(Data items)
====================
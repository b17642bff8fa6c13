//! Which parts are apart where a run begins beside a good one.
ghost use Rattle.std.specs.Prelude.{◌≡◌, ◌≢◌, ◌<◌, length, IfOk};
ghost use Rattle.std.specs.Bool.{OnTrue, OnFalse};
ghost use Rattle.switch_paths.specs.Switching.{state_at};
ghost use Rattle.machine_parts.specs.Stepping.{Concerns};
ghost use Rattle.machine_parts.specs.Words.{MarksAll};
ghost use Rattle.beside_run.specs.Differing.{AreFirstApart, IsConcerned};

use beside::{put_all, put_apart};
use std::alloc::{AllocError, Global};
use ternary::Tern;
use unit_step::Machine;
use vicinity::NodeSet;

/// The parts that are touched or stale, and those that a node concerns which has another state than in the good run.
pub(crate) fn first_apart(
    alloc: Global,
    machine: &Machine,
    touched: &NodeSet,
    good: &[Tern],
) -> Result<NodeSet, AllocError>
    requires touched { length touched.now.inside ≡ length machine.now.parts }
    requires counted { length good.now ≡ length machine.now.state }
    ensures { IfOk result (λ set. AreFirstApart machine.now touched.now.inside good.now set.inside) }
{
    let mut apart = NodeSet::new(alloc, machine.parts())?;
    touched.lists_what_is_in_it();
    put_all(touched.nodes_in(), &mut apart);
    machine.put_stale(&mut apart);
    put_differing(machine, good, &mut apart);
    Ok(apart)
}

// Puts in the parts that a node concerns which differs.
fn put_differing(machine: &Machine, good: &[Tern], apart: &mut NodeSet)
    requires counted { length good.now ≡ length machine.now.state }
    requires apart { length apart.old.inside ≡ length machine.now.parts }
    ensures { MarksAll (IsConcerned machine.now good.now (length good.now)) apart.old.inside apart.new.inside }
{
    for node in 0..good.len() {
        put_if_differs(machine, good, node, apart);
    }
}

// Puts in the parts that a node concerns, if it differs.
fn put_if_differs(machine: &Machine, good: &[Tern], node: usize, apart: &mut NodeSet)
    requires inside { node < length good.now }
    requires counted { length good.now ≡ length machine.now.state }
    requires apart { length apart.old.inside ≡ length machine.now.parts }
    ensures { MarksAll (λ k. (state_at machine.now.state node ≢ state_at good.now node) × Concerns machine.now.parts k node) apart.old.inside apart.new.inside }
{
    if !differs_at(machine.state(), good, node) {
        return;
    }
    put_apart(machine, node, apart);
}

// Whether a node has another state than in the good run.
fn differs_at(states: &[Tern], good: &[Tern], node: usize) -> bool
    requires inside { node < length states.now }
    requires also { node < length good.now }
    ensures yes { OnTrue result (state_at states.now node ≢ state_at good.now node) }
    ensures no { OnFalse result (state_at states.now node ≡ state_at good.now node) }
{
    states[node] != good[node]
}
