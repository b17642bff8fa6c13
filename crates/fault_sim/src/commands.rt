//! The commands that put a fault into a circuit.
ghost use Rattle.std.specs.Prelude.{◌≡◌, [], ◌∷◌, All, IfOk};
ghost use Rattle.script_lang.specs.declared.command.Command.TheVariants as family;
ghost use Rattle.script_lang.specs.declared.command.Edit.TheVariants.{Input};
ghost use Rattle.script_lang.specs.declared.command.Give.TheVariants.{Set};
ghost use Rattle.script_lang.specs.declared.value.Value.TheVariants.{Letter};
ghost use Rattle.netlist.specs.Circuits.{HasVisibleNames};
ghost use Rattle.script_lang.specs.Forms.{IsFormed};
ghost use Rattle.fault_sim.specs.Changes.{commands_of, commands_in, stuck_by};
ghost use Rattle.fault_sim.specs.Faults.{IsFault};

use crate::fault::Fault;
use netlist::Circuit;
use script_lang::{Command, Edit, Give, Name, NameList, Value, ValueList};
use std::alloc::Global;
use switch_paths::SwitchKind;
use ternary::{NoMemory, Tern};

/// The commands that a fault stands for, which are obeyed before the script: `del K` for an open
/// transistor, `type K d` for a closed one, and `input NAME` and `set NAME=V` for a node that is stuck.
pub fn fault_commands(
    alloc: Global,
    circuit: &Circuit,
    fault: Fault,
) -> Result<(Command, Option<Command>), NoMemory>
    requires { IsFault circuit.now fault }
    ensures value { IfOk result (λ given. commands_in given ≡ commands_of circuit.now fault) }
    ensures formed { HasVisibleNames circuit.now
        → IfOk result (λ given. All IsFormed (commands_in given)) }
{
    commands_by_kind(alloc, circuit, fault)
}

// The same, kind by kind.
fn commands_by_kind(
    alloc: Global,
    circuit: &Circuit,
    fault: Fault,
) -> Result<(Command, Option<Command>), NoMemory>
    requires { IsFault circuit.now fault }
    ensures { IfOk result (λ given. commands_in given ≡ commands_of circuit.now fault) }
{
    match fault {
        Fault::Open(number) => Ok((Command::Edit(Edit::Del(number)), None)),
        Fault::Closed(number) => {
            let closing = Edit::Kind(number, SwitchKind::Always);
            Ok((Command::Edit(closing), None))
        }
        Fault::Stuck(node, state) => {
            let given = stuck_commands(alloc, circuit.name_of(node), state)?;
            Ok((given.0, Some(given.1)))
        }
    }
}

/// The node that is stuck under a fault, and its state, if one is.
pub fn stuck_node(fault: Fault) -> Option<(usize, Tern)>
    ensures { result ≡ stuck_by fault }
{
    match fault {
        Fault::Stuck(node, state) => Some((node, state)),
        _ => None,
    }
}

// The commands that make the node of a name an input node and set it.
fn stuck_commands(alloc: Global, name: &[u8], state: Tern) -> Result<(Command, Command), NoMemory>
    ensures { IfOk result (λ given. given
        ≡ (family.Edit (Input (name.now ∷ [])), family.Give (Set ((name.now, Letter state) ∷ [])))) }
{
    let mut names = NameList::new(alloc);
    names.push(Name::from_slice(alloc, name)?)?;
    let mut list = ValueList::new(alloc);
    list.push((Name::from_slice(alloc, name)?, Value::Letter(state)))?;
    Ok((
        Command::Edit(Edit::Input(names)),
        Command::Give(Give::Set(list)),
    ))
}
====================
**Exercise details:** From the first line to the last, return the data above exactly.

**Written solution:**
repository b17642bff8fa6c13
//! Which parts are apart where a run begins beside a good one.
ghost use Rattle.std.specs.Prelude.{◌≡◌, ◌≢◌, ◌<◌, length, IfOk};
ghost use Rattle.std.specs.Bool.{OnTrue, OnFalse};
ghost use Rattle.switch_paths.specs.Switching.{state_at};
ghost use Rattle.machine_parts.specs.Stepping.{Concerns};
ghost use Rattle.machine_parts.specs.Words.{MarksAll};
ghost use Rattle.beside_run.specs.Differing.{AreFirstApart, IsConcerned};

use beside::{put_all, put_apart};
use std::alloc::{AllocError, Global};
use ternary::Tern;
use unit_step::Machine;
use vicinity::NodeSet;

/// The parts that are touched or stale, and those that a node concerns which has another state than in the good run.
pub(crate) fn first_apart(
    alloc: Global,
    machine: &Machine,
    touched: &NodeSet,
    good: &[Tern],
) -> Result<NodeSet, AllocError>
    requires touched { length touched.now.inside ≡ length machine.now.parts }
    requires counted { length good.now ≡ length machine.now.state }
    ensures { IfOk result (λ set. AreFirstApart machine.now touched.now.inside good.now set.inside) }
{
    let mut apart = NodeSet::new(alloc, machine.parts())?;
    touched.lists_what_is_in_it();
    put_all(touched.nodes_in(), &mut apart);
    machine.put_stale(&mut apart);
    put_differing(machine, good, &mut apart);
    Ok(apart)
}

// Puts in the parts that a node concerns which differs.
fn put_differing(machine: &Machine, good: &[Tern], apart: &mut NodeSet)
    requires counted { length good.now ≡ length machine.now.state }
    requires apart { length apart.old.inside ≡ length machine.now.parts }
    ensures { MarksAll (IsConcerned machine.now good.now (length good.now)) apart.old.inside apart.new.inside }
{
    for node in 0..good.len() {
        put_if_differs(machine, good, node, apart);
    }
}

// Puts in the parts that a node concerns, if it differs.
fn put_if_differs(machine: &Machine, good: &[Tern], node: usize, apart: &mut NodeSet)
    requires inside { node < length good.now }
    requires counted { length good.now ≡ length machine.now.state }
    requires apart { length apart.old.inside ≡ length machine.now.parts }
    ensures { MarksAll (λ k. (state_at machine.now.state node ≢ state_at good.now node) × Concerns machine.now.parts k node) apart.old.inside apart.new.inside }
{
    if !differs_at(machine.state(), good, node) {
        return;
    }
    put_apart(machine, node, apart);
}

// Whether a node has another state than in the good run.
fn differs_at(states: &[Tern], good: &[Tern], node: usize) -> bool
    requires inside { node < length states.now }
    requires also { node < length good.now }
    ensures yes { OnTrue result (state_at states.now node ≢ state_at good.now node) }
    ensures no { OnFalse result (state_at states.now node ≡ state_at good.now node) }
{
    states[node] != good[node]
}
repository b17642bff8fa6c13
filename crates/fault_sim/src/commands.rt
//! The commands that put a fault into a circuit.
ghost use Rattle.std.specs.Prelude.{◌≡◌, [], ◌∷◌, All, IfOk};
ghost use Rattle.script_lang.specs.declared.command.Command.TheVariants as family;
ghost use Rattle.script_lang.specs.declared.command.Edit.TheVariants.{Input};
ghost use Rattle.script_lang.specs.declared.command.Give.TheVariants.{Set};
ghost use Rattle.script_lang.specs.declared.value.Value.TheVariants.{Letter};
ghost use Rattle.netlist.specs.Circuits.{HasVisibleNames};
ghost use Rattle.script_lang.specs.Forms.{IsFormed};
ghost use Rattle.fault_sim.specs.Changes.{commands_of, commands_in, stuck_by};
ghost use Rattle.fault_sim.specs.Faults.{IsFault};

use crate::fault::Fault;
use netlist::Circuit;
use script_lang::{Command, Edit, Give, Name, NameList, Value, ValueList};
use std::alloc::Global;
use switch_paths::SwitchKind;
use ternary::{NoMemory, Tern};

/// The commands that a fault stands for, which are obeyed before the script: `del K` for an open
/// transistor, `type K d` for a closed one, and `input NAME` and `set NAME=V` for a node that is stuck.
pub fn fault_commands(
    alloc: Global,
    circuit: &Circuit,
    fault: Fault,
) -> Result<(Command, Option<Command>), NoMemory>
    requires { IsFault circuit.now fault }
    ensures value { IfOk result (λ given. commands_in given ≡ commands_of circuit.now fault) }
    ensures formed { HasVisibleNames circuit.now
        → IfOk result (λ given. All IsFormed (commands_in given)) }
{
    commands_by_kind(alloc, circuit, fault)
}

// The same, kind by kind.
fn commands_by_kind(
    alloc: Global,
    circuit: &Circuit,
    fault: Fault,
) -> Result<(Command, Option<Command>), NoMemory>
    requires { IsFault circuit.now fault }
    ensures { IfOk result (λ given. commands_in given ≡ commands_of circuit.now fault) }
{
    match fault {
        Fault::Open(number) => Ok((Command::Edit(Edit::Del(number)), None)),
        Fault::Closed(number) => {
            let closing = Edit::Kind(number, SwitchKind::Always);
            Ok((Command::Edit(closing), None))
        }
        Fault::Stuck(node, state) => {
            let given = stuck_commands(alloc, circuit.name_of(node), state)?;
            Ok((given.0, Some(given.1)))
        }
    }
}

/// The node that is stuck under a fault, and its state, if one is.
pub fn stuck_node(fault: Fault) -> Option<(usize, Tern)>
    ensures { result ≡ stuck_by fault }
{
    match fault {
        Fault::Stuck(node, state) => Some((node, state)),
        _ => None,
    }
}

// The commands that make the node of a name an input node and set it.
fn stuck_commands(alloc: Global, name: &[u8], state: Tern) -> Result<(Command, Command), NoMemory>
    ensures { IfOk result (λ given. given
        ≡ (family.Edit (Input (name.now ∷ [])), family.Give (Set ((name.now, Letter state) ∷ [])))) }
{
    let mut names = NameList::new(alloc);
    names.push(Name::from_slice(alloc, name)?)?;
    let mut list = ValueList::new(alloc);
    list.push((Name::from_slice(alloc, name)?, Value::Letter(state)))?;
    Ok((
        Command::Edit(Edit::Input(names)),
        Command::Give(Give::Set(list)),
    ))
}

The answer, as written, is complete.